▼▼▼

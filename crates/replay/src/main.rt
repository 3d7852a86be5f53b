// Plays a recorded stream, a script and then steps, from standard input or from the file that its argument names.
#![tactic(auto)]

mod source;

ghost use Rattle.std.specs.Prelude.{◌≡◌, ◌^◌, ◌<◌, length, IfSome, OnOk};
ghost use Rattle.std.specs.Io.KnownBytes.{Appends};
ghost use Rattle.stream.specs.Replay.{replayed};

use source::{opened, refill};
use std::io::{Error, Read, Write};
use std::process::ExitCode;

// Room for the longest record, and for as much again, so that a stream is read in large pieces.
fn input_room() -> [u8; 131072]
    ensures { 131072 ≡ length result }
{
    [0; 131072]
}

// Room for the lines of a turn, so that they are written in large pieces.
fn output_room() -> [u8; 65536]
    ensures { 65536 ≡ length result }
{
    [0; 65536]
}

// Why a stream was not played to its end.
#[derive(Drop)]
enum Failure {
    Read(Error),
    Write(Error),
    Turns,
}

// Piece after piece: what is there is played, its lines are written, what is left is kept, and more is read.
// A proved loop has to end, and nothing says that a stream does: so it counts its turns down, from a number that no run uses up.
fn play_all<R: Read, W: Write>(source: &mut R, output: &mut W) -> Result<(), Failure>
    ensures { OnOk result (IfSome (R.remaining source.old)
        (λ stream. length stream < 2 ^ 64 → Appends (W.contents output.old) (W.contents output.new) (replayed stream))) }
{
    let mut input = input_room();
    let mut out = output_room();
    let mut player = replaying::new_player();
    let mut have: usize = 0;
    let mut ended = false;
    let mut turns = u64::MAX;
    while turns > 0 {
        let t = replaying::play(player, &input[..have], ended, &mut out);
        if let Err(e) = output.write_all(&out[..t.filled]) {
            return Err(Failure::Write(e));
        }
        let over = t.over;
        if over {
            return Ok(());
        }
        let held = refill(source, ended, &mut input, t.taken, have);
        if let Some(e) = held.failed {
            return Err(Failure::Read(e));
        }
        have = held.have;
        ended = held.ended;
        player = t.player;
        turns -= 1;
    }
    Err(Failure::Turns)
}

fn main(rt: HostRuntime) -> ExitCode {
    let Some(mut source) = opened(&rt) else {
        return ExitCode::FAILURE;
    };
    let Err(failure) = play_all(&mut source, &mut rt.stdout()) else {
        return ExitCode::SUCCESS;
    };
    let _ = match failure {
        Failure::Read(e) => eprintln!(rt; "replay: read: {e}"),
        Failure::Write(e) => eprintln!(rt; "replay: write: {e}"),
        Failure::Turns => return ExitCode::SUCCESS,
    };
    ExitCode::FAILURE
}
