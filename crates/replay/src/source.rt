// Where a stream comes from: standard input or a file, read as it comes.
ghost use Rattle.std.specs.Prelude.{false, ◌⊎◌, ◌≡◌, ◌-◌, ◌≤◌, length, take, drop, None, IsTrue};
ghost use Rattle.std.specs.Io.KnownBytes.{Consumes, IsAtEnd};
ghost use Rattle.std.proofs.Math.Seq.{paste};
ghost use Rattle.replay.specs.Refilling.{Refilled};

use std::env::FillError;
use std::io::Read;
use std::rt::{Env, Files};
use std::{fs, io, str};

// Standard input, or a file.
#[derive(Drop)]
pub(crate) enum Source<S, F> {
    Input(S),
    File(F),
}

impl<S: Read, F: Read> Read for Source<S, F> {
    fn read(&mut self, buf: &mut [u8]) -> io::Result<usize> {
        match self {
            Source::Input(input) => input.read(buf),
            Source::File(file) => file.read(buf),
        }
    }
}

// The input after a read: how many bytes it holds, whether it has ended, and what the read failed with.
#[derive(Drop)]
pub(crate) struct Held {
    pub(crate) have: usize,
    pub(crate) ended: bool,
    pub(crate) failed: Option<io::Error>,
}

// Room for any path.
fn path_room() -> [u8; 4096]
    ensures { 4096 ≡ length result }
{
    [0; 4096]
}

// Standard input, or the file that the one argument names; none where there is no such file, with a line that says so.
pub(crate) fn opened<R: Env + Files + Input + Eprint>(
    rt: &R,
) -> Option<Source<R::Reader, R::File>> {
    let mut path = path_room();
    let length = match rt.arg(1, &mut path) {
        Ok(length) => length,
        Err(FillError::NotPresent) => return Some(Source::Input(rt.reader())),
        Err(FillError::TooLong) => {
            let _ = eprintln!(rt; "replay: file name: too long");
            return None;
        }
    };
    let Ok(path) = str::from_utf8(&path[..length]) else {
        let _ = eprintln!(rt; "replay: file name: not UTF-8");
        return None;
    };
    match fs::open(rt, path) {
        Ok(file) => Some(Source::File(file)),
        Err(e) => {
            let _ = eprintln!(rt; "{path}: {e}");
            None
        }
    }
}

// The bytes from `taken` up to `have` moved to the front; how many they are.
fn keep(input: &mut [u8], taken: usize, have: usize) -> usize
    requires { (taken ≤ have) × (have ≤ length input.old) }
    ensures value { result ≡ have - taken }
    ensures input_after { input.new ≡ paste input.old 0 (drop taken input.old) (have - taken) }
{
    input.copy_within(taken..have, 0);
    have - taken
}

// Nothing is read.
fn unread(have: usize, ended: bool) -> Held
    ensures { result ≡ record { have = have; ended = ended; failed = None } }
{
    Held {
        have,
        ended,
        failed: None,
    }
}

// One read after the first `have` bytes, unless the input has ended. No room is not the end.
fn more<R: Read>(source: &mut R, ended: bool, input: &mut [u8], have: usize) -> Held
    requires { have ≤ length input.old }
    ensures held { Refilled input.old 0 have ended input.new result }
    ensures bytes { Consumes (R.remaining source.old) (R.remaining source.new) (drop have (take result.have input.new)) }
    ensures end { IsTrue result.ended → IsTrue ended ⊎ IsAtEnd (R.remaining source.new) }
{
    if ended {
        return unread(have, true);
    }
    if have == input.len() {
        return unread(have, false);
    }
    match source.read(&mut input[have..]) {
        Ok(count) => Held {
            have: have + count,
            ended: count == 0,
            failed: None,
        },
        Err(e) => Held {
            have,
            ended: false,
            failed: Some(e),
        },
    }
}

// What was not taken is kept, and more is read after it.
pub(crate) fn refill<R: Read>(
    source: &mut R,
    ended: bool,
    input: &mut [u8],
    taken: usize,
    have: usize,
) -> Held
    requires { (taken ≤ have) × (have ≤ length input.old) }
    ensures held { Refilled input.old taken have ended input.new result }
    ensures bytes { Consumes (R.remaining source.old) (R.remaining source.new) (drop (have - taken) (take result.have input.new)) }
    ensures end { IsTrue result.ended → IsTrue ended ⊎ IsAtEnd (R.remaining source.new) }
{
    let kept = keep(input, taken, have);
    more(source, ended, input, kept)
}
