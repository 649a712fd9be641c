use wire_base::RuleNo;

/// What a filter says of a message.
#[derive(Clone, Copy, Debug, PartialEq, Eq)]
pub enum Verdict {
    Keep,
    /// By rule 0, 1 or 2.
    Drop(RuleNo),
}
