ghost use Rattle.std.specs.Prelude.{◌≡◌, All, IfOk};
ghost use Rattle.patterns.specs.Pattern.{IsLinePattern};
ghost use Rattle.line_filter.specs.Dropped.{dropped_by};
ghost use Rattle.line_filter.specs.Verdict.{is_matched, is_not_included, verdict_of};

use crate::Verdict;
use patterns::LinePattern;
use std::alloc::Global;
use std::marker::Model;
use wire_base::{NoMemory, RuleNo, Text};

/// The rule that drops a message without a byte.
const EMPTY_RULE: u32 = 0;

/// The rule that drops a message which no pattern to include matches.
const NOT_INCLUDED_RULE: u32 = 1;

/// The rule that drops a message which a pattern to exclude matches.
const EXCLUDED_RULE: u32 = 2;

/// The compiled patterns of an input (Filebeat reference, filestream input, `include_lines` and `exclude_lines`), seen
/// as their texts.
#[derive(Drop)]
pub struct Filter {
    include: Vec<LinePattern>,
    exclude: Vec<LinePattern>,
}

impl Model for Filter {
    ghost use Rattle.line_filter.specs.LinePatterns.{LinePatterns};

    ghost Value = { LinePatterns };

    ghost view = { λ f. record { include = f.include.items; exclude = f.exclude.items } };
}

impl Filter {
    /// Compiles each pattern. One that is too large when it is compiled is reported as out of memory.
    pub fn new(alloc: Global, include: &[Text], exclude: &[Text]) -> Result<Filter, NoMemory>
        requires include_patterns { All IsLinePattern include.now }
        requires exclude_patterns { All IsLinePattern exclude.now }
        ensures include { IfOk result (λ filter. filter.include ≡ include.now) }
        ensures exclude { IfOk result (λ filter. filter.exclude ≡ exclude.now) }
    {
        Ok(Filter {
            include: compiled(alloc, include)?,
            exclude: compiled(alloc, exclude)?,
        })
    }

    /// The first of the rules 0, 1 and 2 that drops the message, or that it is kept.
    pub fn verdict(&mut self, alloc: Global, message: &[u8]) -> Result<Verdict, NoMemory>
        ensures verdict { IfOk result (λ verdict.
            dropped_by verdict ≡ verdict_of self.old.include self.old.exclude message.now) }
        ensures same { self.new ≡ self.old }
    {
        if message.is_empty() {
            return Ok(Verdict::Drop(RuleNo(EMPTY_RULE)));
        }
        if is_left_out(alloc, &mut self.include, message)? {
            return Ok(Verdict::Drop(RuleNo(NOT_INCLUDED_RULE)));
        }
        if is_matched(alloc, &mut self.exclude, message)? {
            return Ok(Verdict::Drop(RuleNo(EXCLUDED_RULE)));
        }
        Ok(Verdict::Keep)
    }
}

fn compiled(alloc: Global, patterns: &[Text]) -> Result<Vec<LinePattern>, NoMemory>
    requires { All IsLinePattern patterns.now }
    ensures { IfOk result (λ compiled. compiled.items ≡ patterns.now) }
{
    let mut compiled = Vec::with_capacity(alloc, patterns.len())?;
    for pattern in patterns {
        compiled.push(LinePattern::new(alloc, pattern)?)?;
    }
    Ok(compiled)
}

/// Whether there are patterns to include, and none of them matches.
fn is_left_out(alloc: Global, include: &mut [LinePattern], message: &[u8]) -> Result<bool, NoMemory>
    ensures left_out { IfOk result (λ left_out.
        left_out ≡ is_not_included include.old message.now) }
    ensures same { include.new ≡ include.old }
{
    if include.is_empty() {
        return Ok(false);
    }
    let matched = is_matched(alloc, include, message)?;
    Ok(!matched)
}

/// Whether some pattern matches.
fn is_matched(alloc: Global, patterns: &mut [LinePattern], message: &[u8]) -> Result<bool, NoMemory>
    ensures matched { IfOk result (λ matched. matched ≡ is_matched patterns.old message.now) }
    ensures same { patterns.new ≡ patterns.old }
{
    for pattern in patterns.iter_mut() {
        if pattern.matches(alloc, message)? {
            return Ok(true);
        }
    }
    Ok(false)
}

▲▲▲
▼▼▼

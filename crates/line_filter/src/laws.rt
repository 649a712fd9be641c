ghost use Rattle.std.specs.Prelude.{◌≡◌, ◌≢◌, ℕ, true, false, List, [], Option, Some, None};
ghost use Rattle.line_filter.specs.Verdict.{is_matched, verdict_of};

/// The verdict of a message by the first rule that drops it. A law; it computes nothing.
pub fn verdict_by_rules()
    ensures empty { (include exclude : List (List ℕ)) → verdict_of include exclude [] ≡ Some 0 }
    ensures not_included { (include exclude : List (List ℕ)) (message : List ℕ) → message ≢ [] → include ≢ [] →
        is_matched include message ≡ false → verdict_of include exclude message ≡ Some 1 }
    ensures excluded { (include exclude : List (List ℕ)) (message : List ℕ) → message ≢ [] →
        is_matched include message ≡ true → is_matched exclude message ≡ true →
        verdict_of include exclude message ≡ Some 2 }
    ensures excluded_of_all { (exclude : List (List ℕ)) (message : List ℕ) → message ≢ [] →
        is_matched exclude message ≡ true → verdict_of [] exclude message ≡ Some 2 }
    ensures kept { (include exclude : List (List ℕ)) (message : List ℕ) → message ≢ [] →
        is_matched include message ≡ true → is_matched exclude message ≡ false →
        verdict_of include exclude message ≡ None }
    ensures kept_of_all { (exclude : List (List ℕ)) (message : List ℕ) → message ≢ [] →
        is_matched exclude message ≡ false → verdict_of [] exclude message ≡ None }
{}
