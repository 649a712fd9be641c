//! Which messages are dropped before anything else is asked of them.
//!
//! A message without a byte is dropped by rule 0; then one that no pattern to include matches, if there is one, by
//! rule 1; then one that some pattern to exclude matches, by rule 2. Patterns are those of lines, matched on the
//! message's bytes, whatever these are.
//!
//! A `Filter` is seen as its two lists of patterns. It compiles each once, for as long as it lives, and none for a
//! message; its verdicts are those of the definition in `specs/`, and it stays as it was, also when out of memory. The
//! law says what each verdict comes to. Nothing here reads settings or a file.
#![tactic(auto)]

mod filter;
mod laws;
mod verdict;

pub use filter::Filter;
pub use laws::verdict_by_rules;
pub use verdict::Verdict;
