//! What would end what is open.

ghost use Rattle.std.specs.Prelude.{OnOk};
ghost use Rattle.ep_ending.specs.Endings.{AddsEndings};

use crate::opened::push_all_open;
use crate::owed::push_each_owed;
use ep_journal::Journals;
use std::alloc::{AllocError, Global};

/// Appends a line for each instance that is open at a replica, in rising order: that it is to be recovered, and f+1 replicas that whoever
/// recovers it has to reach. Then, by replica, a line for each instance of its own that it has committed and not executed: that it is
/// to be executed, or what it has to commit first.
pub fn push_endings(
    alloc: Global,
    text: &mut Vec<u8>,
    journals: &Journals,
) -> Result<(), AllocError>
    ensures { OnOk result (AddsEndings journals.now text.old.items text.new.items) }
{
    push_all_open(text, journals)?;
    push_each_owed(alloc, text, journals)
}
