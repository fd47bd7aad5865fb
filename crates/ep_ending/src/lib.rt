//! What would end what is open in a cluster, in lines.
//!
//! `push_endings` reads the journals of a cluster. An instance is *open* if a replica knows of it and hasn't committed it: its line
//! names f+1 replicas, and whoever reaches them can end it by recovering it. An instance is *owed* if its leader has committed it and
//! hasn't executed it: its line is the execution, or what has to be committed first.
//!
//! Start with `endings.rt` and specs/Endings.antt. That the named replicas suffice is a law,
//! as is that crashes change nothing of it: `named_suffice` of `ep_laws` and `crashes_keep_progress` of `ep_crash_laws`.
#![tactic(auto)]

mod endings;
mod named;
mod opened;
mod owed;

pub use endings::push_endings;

▲▲▲
▼▼▼

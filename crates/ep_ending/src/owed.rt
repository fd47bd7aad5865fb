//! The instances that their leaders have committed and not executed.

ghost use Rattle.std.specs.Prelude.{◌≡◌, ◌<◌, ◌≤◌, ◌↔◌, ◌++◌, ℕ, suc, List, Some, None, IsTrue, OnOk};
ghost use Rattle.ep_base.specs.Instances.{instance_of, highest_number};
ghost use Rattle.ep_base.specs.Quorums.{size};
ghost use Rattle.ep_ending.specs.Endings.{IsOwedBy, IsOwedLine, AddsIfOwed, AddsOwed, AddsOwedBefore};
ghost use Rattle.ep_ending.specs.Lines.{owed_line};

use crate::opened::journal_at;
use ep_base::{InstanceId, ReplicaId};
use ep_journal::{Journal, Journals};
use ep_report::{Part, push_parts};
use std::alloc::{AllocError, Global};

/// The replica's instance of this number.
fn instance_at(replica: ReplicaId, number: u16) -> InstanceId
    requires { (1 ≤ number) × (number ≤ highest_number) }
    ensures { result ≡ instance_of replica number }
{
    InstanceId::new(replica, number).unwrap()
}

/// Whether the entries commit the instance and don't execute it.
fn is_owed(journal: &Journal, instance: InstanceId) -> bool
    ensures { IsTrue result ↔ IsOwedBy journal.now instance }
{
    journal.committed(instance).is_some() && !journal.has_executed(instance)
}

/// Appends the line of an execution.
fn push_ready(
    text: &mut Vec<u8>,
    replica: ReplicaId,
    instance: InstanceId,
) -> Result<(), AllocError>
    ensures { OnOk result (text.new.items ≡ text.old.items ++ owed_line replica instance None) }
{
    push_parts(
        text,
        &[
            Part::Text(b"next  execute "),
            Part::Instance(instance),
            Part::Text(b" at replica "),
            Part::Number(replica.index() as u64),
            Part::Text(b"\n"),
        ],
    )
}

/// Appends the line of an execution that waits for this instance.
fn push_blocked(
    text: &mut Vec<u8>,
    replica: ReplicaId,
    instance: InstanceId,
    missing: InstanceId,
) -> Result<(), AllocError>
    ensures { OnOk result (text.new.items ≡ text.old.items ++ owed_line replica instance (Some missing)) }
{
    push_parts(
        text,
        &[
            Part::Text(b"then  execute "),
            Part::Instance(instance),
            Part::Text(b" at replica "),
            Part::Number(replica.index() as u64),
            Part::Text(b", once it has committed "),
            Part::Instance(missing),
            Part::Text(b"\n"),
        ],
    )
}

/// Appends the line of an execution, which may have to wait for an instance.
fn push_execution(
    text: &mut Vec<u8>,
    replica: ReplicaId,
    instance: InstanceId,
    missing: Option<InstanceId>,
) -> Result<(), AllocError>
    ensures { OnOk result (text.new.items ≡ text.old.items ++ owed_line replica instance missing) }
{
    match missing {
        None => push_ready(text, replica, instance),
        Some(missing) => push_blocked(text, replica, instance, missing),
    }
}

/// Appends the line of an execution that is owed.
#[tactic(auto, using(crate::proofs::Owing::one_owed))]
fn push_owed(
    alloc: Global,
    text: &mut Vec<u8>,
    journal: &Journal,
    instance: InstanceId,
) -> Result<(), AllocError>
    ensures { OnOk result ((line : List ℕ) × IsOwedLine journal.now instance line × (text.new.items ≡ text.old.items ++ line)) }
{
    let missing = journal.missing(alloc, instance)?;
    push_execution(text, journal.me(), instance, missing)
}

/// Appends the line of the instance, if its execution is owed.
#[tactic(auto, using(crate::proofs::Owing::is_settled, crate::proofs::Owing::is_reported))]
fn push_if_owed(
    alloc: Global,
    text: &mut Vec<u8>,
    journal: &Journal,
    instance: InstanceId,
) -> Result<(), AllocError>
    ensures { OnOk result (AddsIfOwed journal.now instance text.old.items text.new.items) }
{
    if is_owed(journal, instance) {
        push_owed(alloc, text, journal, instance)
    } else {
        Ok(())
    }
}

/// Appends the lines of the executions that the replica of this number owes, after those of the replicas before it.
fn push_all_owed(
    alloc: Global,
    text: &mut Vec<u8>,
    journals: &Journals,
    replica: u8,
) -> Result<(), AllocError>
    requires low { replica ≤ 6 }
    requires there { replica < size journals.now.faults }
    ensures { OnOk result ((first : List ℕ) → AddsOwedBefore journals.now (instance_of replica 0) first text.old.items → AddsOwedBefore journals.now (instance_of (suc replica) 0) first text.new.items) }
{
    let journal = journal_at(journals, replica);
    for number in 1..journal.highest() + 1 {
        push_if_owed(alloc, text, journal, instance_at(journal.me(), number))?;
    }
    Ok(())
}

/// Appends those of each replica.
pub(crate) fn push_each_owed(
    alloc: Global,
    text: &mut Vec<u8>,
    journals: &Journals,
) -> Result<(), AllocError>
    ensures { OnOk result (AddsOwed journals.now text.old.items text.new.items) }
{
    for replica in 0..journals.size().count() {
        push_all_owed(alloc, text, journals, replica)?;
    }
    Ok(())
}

▲▲▲

- What is expected
Above this instruction are the records; retype exactly the lines from the one containing "to commit first." up to and including the one containing "pub use endings::push_endings;".

- Solution below
/// to be executed, or what it has to commit first.
pub fn push_endings(
    alloc: Global,
    text: &mut Vec<u8>,
    journals: &Journals,
) -> Result<(), AllocError>
    ensures { OnOk result (AddsEndings journals.now text.old.items text.new.items) }
{
    push_all_open(text, journals)?;
    push_each_owed(alloc, text, journals)
}
repository fd47bd7aad5865fb
filename crates/ep_ending/src/lib.rt
//! What would end what is open in a cluster, in lines.
//!
//! `push_endings` reads the journals of a cluster. An instance is *open* if a replica knows of it and hasn't committed it: its line
//! names f+1 replicas, and whoever reaches them can end it by recovering it. An instance is *owed* if its leader has committed it and
//! hasn't executed it: its line is the execution, or what has to be committed first.
//!
//! Start with `endings.rt` and specs/Endings.antt. That the named replicas suffice is a law,
//! as is that crashes change nothing of it: `named_suffice` of `ep_laws` and `crashes_keep_progress` of `ep_crash_laws`.
#![tactic(auto)]

mod endings;
mod named;
mod opened;
mod owed;

pub use endings::push_endings;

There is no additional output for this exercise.